KEY POINTS:
For a few heady years in the mid-1980s, greed was good. Until the 1987 stockmarket crash took it all away, consumption was conspicuous and if you owned a share, you owned a company.
But while the events of Black Tuesday - it is Black Monday most everywhere else thanks to the International Date Line - put a damper on the decade for many, others still recall the good times before New Zealand's financial 9/11, 20 years ago next week.
"It was actually so giddy it was unbelievable," says Tony Astle, owner of Parnell eaterie Antoines.
"People didn't care what they paid for anything. They were outdoing one another at each table."
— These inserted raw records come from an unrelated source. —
// SHA-1's published messages through the compression. The padding of FIPS 180-4, section 5.1.1, is made here by hand: the message
// big endian, one bit, zeros, and the length in bits as the last word.
use crate::print;
use std::io;

pub fn run(rt: &impl Print) -> io::Result<()> {
    let start = secure_hash::initial_hash();
    print::words(rt, "FIPS 180-4 5.3.1 initial hash:", &start)?;
    let none = [0x8000_0000, 0, 0, 0, 0, 0, 0, 0, 0, 0, 0, 0, 0, 0, 0, 0];
    print::words(rt, "SHA-1 of no byte:", &secure_hash::compress(start, none))?;
    let abc = [0x6162_6380, 0, 0, 0, 0, 0, 0, 0, 0, 0, 0, 0, 0, 0, 0, 24];
    print::words(rt, "SHA-1 of abc:", &secure_hash::compress(start, abc))?;
    let long = [
        0x6162_6364,
        0x6263_6465,
        0x6364_6566,
        0x6465_6667,
        0x6566_6768,
        0x6667_6869,
        0x6768_696a,
        0x6869_6a6b,
        0x696a_6b6c,
        0x6a6b_6c6d,
        0x6b6c_6d6e,
        0x6c6d_6e6f,
        0x6d6e_6f70,
        0x6e6f_7071,
        0x8000_0000,
        0,
    ];
    let first = secure_hash::compress(start, long);
    print::words(rt, "SHA-1 of abcdbcde..nopq after one block:", &first)?;
    let rest = [0, 0, 0, 0, 0, 0, 0, 0, 0, 0, 0, 0, 0, 0, 0, 448];
    print::words(
        rt,
        "SHA-1 of abcdbcde..nopq:",
        &secure_hash::compress(first, rest),
    )
}
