// RFC 7539: the quarter round (2.1.1, 2.2.1), the block function (2.3.2) and the five blocks of appendix A.1.
use crate::print;
use std::io;

// The state of section 2.3: the four constants, the key, the counter and the nonce.
fn state(key: [u32; 8], counter: u32, nonce: [u32; 3]) -> [u32; 16] {
    let mut s = [0u32; 16];
    s[..4].copy_from_slice(&[0x6170_7865, 0x3320_646e, 0x7962_2d32, 0x6b20_6574]);
    s[4..12].copy_from_slice(&key);
    s[12] = counter;
    s[13..].copy_from_slice(&nonce);
    s
}

fn quarter_rounds(rt: &impl Print) -> io::Result<()> {
    let a = chacha::quarter(0x1111_1111, 0x0102_0304, 0x9b8d_6f43, 0x0123_4567);
    print::words(rt, "RFC 7539 2.1.1 quarter round:", &[a.a, a.b, a.c, a.d])?;
    let sixteen = [
        0x8795_31e0,
        0xc5ec_f37d,
        0x5164_61b1,
        0xc9a6_2f8a,
        0x44c2_0ef3,
        0x3390_af7f,
        0xd9fc_690b,
        0x2a5f_714c,
        0x5337_2767,
        0xb00a_5631,
        0x974c_541a,
        0x359e_9963,
        0x5c97_1061,
        0x3d63_1689,
        0x2098_d9d6,
        0x91db_d320,
    ];
    let q = chacha::quarter(sixteen[2], sixteen[7], sixteen[8], sixteen[13]);
    let mut b = sixteen;
    b[2] = q.a;
    b[7] = q.b;
    b[8] = q.c;
    b[13] = q.d;
    print::words(rt, "RFC 7539 2.2.1 quarter round (2, 7, 8, 13):", &b)
}

// The block of a state, as it lies in a room.
fn block(rt: &impl Print, label: &str, s: [u32; 16]) -> io::Result<()> {
    let mut room = [0u8; 64];
    chacha::lay_block(&s, &mut room);
    print::bytes(rt, label, &room)
}

// The words of a block, and its bytes in a room that is too short and in one that is too long.
fn rooms(rt: &impl Print, s: [u32; 16]) -> io::Result<()> {
    let b = chacha::block(s);
    print::words(rt, "RFC 7539 2.3.2 words:", &b)?;
    let mut short = [0xeeu8; 10];
    chacha::lay_block(&s, &mut short);
    print::bytes(rt, "RFC 7539 2.3.2 in a room of 10: ", &short)?;
    let mut long = [0xeeu8; 70];
    chacha::lay_block(&s, &mut long);
    print::bytes(rt, "RFC 7539 2.3.2 in a room of 70: ", &long)
}

pub fn run(rt: &impl Print) -> io::Result<()> {
    quarter_rounds(rt)?;
    let counting = [
        0x0302_0100,
        0x0706_0504,
        0x0b0a_0908,
        0x0f0e_0d0c,
        0x1312_1110,
        0x1716_1514,
        0x1b1a_1918,
        0x1f1e_1d1c,
    ];
    let zero = [0u32; 8];
    let none = [0u32; 3];
    let section = state(counting, 1, [0x0900_0000, 0x4a00_0000, 0]);
    block(rt, "RFC 7539 2.3.2: ", section)?;
    rooms(rt, section)?;
    let appendix = [
        ("RFC 7539 A.1 #1: ", state(zero, 0, none)),
        ("RFC 7539 A.1 #2: ", state(zero, 1, none)),
        (
            "RFC 7539 A.1 #3: ",
            state([0, 0, 0, 0, 0, 0, 0, 0x0100_0000], 1, none),
        ),
        (
            "RFC 7539 A.1 #4: ",
            state([0x0000_ff00, 0, 0, 0, 0, 0, 0, 0], 2, none),
        ),
        ("RFC 7539 A.1 #5: ", state(zero, 0, [0, 0, 0x0200_0000])),
    ];
    for (label, s) in appendix {
        block(rt, label, s)?;
    }
    Ok(())
}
Auckland business types elevated lunch to the level of an artform, with many indulging in feasts up to six hours long, Mr Astle says.
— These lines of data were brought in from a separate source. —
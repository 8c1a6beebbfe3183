// Rotation and byte order, at the ends of their ranges and in between.
use crate::print;
use std::io;

fn rotations(rt: &impl Print) -> io::Result<()> {
    print::words(
        rt,
        "words 80000001 rotated by 0, 1, 31, 32:",
        &[0, 1, 31, 32].map(|k| words::rotate_left(0x8000_0001, k)),
    )
}

fn layout(rt: &impl Print) -> io::Result<()> {
    let two = words::bytes_of_u16(0x0123);
    print::bytes(rt, "words bytes of the 16 bits 123: ", &two)?;
    print::number(rt, "words and back: ", words::u16_of_bytes(two).into())?;
    let four = words::bytes_of_u32(0x0123_4567);
    print::bytes(rt, "words bytes of the 32 bits 1234567: ", &four)?;
    print::number(rt, "words and back: ", words::u32_of_bytes(four).into())?;
    let eight = words::bytes_of_u64(0x0123_4567_89ab_cdef);
    print::bytes(rt, "words bytes of the 64 bits 123456789abcdef: ", &eight)?;
    print::number(rt, "words and back: ", words::u64_of_bytes(eight))?;
    print::number(
        rt,
        "words 1234567 with its bytes swapped: ",
        words::swap_bytes(0x0123_4567).into(),
    )
}

pub fn run(rt: &impl Print) -> io::Result<()> {
    rotations(rt)?;
    layout(rt)
}
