// The published vectors, computed by the proved code and printed; the file `stdout` beside src/ has what the documents say, and a
// check holds the one to the other. A line opens with the document and the place in it.
#![tactic(auto)]

mod chacha_vectors;
mod print;
mod sha1_vectors;
mod word_vectors;

use std::io;

fn main(rt: HostRuntime) -> io::Result<()> {
    word_vectors::run(&rt)?;
    chacha_vectors::run(&rt)?;
    sha1_vectors::run(&rt)
}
There was a lot of money about, and a good deal of it was spent on $100 helpings of crayfish, or $450 bottles of Krug champagne. If the Krug and cray could be consumed as a combo, then all the better.
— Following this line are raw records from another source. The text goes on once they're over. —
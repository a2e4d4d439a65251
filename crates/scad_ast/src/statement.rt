//! Statements, instances, definitions, parameters and arguments, as the parser gives them.

ghost use Rattle.std.specs.Prelude.{◌≡◌};
ghost use Rattle.scad_ast.specs.Terms.{place_of_statement, place_of_instance, place_of_core, place_of_body};
ghost use Rattle.scad_ast.specs.StatementView.{statement_of, instance_of, core_of, body_of};

use crate::expression::{Args, Expr};
use crate::operator::Modifier;
use plain_text::{CompactBytes, Place};

/// A parameter: its name with its place, and its default where it has one.
#[derive(Drop)]
pub enum Param {
    Plain(Place, CompactBytes),
    WithDefault(Place, CompactBytes, Expr),
}

/// A list of parameters.
#[derive(Drop)]
pub struct Params {
    pub items: Vec<Param>,
}

/// A variable of a loop, with its place, and what it goes over.
#[derive(Drop)]
pub struct Binder {
    pub place: Place,
    pub name: CompactBytes,
    pub values: Expr,
}

/// The variables of a loop, at least one.
#[derive(Drop)]
pub struct Binders {
    pub items: Vec<Binder>,
}

/// A modifier with its place.
#[derive(Clone, Copy)]
pub struct PlacedModifier {
    pub place: Place,
    pub modifier: Modifier,
}

/// The modifiers before an instance.
#[derive(Drop)]
pub struct PlacedModifiers {
    pub items: Vec<PlacedModifier>,
}

/// A statement. The first place of each form is that of its first token.
#[cycle(statement)]
#[derive(Drop)]
pub enum Statement {
    /// `;`
    Empty(Place),
    /// A bare block, which stands as if its braces were not there.
    Block(Place, Statements),
    /// `name = value;`
    Assignment(Place, CompactBytes, Expr),
    /// `$name = value;`, of a special name other than `$children`, without its `$`.
    SpecialAssignment(Place, CompactBytes, Expr),
    /// A module: its name with its place, its parameters and its body.
    Module(Place, CompactBytes, Place, Params, Body),
    /// A function: its name with its place, its parameters and its value.
    Function(Place, CompactBytes, Place, Params, Expr),
    Instantiation(Instance),
}

/// A list of statements.
#[cycle(statement)]
#[derive(Drop)]
pub struct Statements {
    pub items: Vec<Statement>,
}

/// An instance of a module, a choice or a loop, behind its modifiers.
#[cycle(statement)]
#[derive(Drop)]
pub struct Instance {
    /// The place of its first token.
    pub place: Place,
    pub modifiers: PlacedModifiers,
    pub core: Core,
}

/// An instance without its modifiers. The place is that of its first token.
#[cycle(statement)]
#[derive(Drop)]
pub enum Core {
    If(Place, Expr, Box<Body>),
    IfElse(Place, Expr, Box<Body>, Box<Body>),
    For(Place, Binders, Box<Body>),
    IntersectionFor(Place, Binders, Box<Body>),
    /// A module's name, its arguments and its body.
    Call(Place, CompactBytes, Args, Box<Body>),
}

/// The body of a module, a choice, a loop or an instance.
#[cycle(statement)]
#[derive(Drop)]
pub enum Body {
    /// `;`
    Semicolon(Place),
    /// Statements in braces.
    Braces(Place, Statements),
    Single(Box<Instance>),
}

impl Statement {
    /// The place of the first token.
    pub fn place(&self) -> Place
        ensures { result ≡ place_of_statement (statement_of self.now) }
    {
        match self {
            Statement::Empty(place)
            | Statement::Block(place, _)
            | Statement::Assignment(place, _, _)
            | Statement::SpecialAssignment(place, _, _)
            | Statement::Module(place, _, _, _, _)
            | Statement::Function(place, _, _, _, _) => *place,
            Statement::Instantiation(instance) => instance.place(),
        }
    }
}

impl Instance {
    /// The place of the first token.
    pub fn place(&self) -> Place
        ensures { result ≡ place_of_instance (instance_of self.now) }
    {
        self.place
    }
}

impl Core {
    /// The place of the first token.
    pub fn place(&self) -> Place
        ensures { result ≡ place_of_core (core_of self.now) }
    {
        match self {
            Core::If(place, _, _)
            | Core::IfElse(place, _, _, _)
            | Core::For(place, _, _)
            | Core::IntersectionFor(place, _, _)
            | Core::Call(place, _, _, _) => *place,
        }
    }
}

impl Body {
    /// The place of the first token.
    pub fn place(&self) -> Place
        ensures { result ≡ place_of_body (body_of self.now) }
    {
        match self {
            Body::Semicolon(place) | Body::Braces(place, _) => *place,
            Body::Single(instance) => instance.place(),
        }
    }
}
The excitement had been growing since the early '80s, and by 1987 a constant stream of sharebrokers, estate agents and speculators meant Mr Astle could charge $50 for a main, and take seven weeks' holiday.
But it wasn't just the wine that went to everyone's heads, he says. After a while Aucklanders' supreme self-confidence saw those living south of the Bombay Hills looking north with narrowed eyes.
"I think the people in Auckland were totally different. They suddenly thought they were better than everyone else, everywhere. But these were young people who fell over very badly."
PR guru Cedric Allan remembers the Krug and cray craze, too, though he was not eating a lot of it in those days. While the '80s were "exuberant times", there was "a heck of a lot of hard work done", he says.
Those were times when the sharemarket could rise and fall on the strength of an America's Cup win and the social scene was a red-hot affair if you were one of the beautiful people.
Although it may have been great fun, the entire Auckland social scene centred around barely 200 people, Mr Allan says. For everyone else, it was business as usual.
Now, 20 years on, things are good again. The wealth, however, is based on more tangible things, such as milk prices, he says.
Mr Astle - who has operated Antoines for 35 years - reckons it took until 1990 for the shock of the '87 crash to sink in fully. But he believes the giddy whirl that was the mid-80s - and the ensuing crash - was a once-in-a-generation phenomenon.